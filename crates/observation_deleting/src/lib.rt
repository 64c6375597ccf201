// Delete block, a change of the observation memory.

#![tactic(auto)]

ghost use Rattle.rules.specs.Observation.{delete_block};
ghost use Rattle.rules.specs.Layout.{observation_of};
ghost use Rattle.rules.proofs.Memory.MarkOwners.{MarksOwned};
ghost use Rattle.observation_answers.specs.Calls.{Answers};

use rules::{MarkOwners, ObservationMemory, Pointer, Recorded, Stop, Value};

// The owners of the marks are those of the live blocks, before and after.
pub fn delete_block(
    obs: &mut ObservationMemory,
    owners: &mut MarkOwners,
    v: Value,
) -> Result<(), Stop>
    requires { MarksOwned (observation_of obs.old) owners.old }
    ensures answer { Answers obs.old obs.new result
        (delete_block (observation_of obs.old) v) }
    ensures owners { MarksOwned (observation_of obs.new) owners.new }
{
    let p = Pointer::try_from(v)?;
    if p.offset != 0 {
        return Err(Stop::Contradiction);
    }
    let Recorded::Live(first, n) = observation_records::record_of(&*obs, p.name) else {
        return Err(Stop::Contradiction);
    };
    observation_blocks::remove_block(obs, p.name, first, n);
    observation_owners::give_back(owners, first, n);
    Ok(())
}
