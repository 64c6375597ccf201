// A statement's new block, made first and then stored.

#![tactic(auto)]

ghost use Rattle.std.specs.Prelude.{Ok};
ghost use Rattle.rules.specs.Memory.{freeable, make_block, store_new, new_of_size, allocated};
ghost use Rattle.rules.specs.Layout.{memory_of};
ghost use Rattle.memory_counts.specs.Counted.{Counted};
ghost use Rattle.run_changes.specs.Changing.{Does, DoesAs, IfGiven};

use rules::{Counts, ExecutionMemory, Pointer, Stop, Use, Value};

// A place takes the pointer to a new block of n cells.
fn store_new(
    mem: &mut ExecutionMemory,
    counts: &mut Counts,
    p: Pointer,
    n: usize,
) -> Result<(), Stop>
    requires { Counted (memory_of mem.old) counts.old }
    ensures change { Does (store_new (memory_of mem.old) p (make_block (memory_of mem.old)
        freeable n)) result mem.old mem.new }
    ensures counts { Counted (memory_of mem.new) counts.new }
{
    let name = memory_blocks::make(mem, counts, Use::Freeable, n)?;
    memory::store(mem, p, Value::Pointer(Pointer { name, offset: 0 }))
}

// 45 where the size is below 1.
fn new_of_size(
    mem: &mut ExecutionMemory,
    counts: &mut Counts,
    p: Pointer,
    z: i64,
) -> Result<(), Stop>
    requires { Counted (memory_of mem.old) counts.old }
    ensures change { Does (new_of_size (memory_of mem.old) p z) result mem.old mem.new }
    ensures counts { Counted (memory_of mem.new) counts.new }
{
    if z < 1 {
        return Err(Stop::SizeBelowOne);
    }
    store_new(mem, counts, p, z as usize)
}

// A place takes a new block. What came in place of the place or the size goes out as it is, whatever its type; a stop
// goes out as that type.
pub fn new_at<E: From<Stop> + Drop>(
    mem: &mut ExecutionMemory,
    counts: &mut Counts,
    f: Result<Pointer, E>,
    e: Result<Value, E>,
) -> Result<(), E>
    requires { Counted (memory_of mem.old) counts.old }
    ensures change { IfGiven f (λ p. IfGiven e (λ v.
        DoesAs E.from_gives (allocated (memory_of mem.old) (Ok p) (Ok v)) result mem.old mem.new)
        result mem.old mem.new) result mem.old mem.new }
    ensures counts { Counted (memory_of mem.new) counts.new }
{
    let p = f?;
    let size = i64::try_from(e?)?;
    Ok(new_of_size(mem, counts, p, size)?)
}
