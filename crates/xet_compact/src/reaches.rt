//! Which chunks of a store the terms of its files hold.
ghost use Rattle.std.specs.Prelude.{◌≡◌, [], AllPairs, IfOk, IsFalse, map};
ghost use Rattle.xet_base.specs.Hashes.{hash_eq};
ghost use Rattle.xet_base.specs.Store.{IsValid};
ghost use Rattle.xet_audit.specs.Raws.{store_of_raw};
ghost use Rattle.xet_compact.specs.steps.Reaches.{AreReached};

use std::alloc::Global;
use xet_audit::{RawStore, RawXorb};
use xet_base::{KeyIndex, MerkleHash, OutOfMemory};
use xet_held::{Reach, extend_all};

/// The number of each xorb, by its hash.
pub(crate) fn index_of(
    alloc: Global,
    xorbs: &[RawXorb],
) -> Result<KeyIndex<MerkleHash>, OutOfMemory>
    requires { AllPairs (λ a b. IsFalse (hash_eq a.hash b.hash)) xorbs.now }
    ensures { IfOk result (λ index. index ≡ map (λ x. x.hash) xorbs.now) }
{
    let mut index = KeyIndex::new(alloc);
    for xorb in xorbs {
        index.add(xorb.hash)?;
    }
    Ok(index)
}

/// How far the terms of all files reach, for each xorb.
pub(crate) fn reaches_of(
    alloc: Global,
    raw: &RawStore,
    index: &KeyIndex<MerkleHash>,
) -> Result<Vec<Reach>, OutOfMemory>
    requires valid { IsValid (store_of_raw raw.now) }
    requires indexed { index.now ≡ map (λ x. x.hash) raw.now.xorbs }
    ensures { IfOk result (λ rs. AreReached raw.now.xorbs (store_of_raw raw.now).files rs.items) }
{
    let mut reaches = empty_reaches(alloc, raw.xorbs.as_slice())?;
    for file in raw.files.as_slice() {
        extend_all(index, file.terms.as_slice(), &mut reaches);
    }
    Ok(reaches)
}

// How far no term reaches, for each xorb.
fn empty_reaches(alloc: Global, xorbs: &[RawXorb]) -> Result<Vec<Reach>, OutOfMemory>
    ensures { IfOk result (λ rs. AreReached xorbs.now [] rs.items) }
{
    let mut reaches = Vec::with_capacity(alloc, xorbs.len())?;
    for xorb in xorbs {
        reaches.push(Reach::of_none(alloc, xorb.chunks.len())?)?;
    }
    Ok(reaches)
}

## Task prompt
Without leaving anything out, retype the material exactly.

## Answer below
filename crates/observation_deleting/src/lib.rt
repository 64c6375597ccf201
// Delete block, a change of the observation memory.

#![tactic(auto)]

ghost use Rattle.rules.specs.Observation.{delete_block};
ghost use Rattle.rules.specs.Layout.{observation_of};
ghost use Rattle.rules.proofs.Memory.MarkOwners.{MarksOwned};
ghost use Rattle.observation_answers.specs.Calls.{Answers};

use rules::{MarkOwners, ObservationMemory, Pointer, Recorded, Stop, Value};

// The owners of the marks are those of the live blocks, before and after.
pub fn delete_block(
    obs: &mut ObservationMemory,
    owners: &mut MarkOwners,
    v: Value,
) -> Result<(), Stop>
    requires { MarksOwned (observation_of obs.old) owners.old }
    ensures answer { Answers obs.old obs.new result
        (delete_block (observation_of obs.old) v) }
    ensures owners { MarksOwned (observation_of obs.new) owners.new }
{
    let p = Pointer::try_from(v)?;
    if p.offset != 0 {
        return Err(Stop::Contradiction);
    }
    let Recorded::Live(first, n) = observation_records::record_of(&*obs, p.name) else {
        return Err(Stop::Contradiction);
    };
    observation_blocks::remove_block(obs, p.name, first, n);
    observation_owners::give_back(owners, first, n);
    Ok(())
}
repository 64c6375597ccf201
// A statement's new block, made first and then stored.

#![tactic(auto)]

ghost use Rattle.std.specs.Prelude.{Ok};
ghost use Rattle.rules.specs.Memory.{freeable, make_block, store_new, new_of_size, allocated};
ghost use Rattle.rules.specs.Layout.{memory_of};
ghost use Rattle.memory_counts.specs.Counted.{Counted};
ghost use Rattle.run_changes.specs.Changing.{Does, DoesAs, IfGiven};

use rules::{Counts, ExecutionMemory, Pointer, Stop, Use, Value};

// A place takes the pointer to a new block of n cells.
fn store_new(
    mem: &mut ExecutionMemory,
    counts: &mut Counts,
    p: Pointer,
    n: usize,
) -> Result<(), Stop>
    requires { Counted (memory_of mem.old) counts.old }
    ensures change { Does (store_new (memory_of mem.old) p (make_block (memory_of mem.old)
        freeable n)) result mem.old mem.new }
    ensures counts { Counted (memory_of mem.new) counts.new }
{
    let name = memory_blocks::make(mem, counts, Use::Freeable, n)?;
    memory::store(mem, p, Value::Pointer(Pointer { name, offset: 0 }))
}

// 45 where the size is below 1.
fn new_of_size(
    mem: &mut ExecutionMemory,
    counts: &mut Counts,
    p: Pointer,
    z: i64,
) -> Result<(), Stop>
    requires { Counted (memory_of mem.old) counts.old }
    ensures change { Does (new_of_size (memory_of mem.old) p z) result mem.old mem.new }
    ensures counts { Counted (memory_of mem.new) counts.new }
{
    if z < 1 {
        return Err(Stop::SizeBelowOne);
    }
    store_new(mem, counts, p, z as usize)
}

// A place takes a new block. What came in place of the place or the size goes out as it is, whatever its type; a stop
// goes out as that type.
pub fn new_at<E: From<Stop> + Drop>(
    mem: &mut ExecutionMemory,
    counts: &mut Counts,
    f: Result<Pointer, E>,
    e: Result<Value, E>,
) -> Result<(), E>
    requires { Counted (memory_of mem.old) counts.old }
    ensures change { IfGiven f (λ p. IfGiven e (λ v.
        DoesAs E.from_gives (allocated (memory_of mem.old) (Ok p) (Ok v)) result mem.old mem.new)
        result mem.old mem.new) result mem.old mem.new }
    ensures counts { Counted (memory_of mem.new) counts.new }
{
    let p = f?;
    let size = i64::try_from(e?)?;
    Ok(new_of_size(mem, counts, p, size)?)
}
filename crates/xet_compact/src/reaches.rt
//! Which chunks of a store the terms of its files hold.
ghost use Rattle.std.specs.Prelude.{◌≡◌, [], AllPairs, IfOk, IsFalse, map};
ghost use Rattle.xet_base.specs.Hashes.{hash_eq};
ghost use Rattle.xet_base.specs.Store.{IsValid};
ghost use Rattle.xet_audit.specs.Raws.{store_of_raw};
ghost use Rattle.xet_compact.specs.steps.Reaches.{AreReached};

use std::alloc::Global;
use xet_audit::{RawStore, RawXorb};
use xet_base::{KeyIndex, MerkleHash, OutOfMemory};
use xet_held::{Reach, extend_all};

/// The number of each xorb, by its hash.
pub(crate) fn index_of(
    alloc: Global,
    xorbs: &[RawXorb],
) -> Result<KeyIndex<MerkleHash>, OutOfMemory>
    requires { AllPairs (λ a b. IsFalse (hash_eq a.hash b.hash)) xorbs.now }
    ensures { IfOk result (λ index. index ≡ map (λ x. x.hash) xorbs.now) }
{
    let mut index = KeyIndex::new(alloc);
    for xorb in xorbs {
        index.add(xorb.hash)?;
    }
    Ok(index)
}

/// How far the terms of all files reach, for each xorb.
pub(crate) fn reaches_of(
    alloc: Global,
    raw: &RawStore,
    index: &KeyIndex<MerkleHash>,
) -> Result<Vec<Reach>, OutOfMemory>
    requires valid { IsValid (store_of_raw raw.now) }
    requires indexed { index.now ≡ map (λ x. x.hash) raw.now.xorbs }
    ensures { IfOk result (λ rs. AreReached raw.now.xorbs (store_of_raw raw.now).files rs.items) }
{
    let mut reaches = empty_reaches(alloc, raw.xorbs.as_slice())?;
    for file in raw.files.as_slice() {
        extend_all(index, file.terms.as_slice(), &mut reaches);
    }
    Ok(reaches)
}

// How far no term reaches, for each xorb.
fn empty_reaches(alloc: Global, xorbs: &[RawXorb]) -> Result<Vec<Reach>, OutOfMemory>
    ensures { IfOk result (λ rs. AreReached xorbs.now [] rs.items) }
{
    let mut reaches = Vec::with_capacity(alloc, xorbs.len())?;
    for xorb in xorbs {
        reaches.push(Reach::of_none(alloc, xorb.chunks.len())?)?;
    }
    Ok(reaches)
}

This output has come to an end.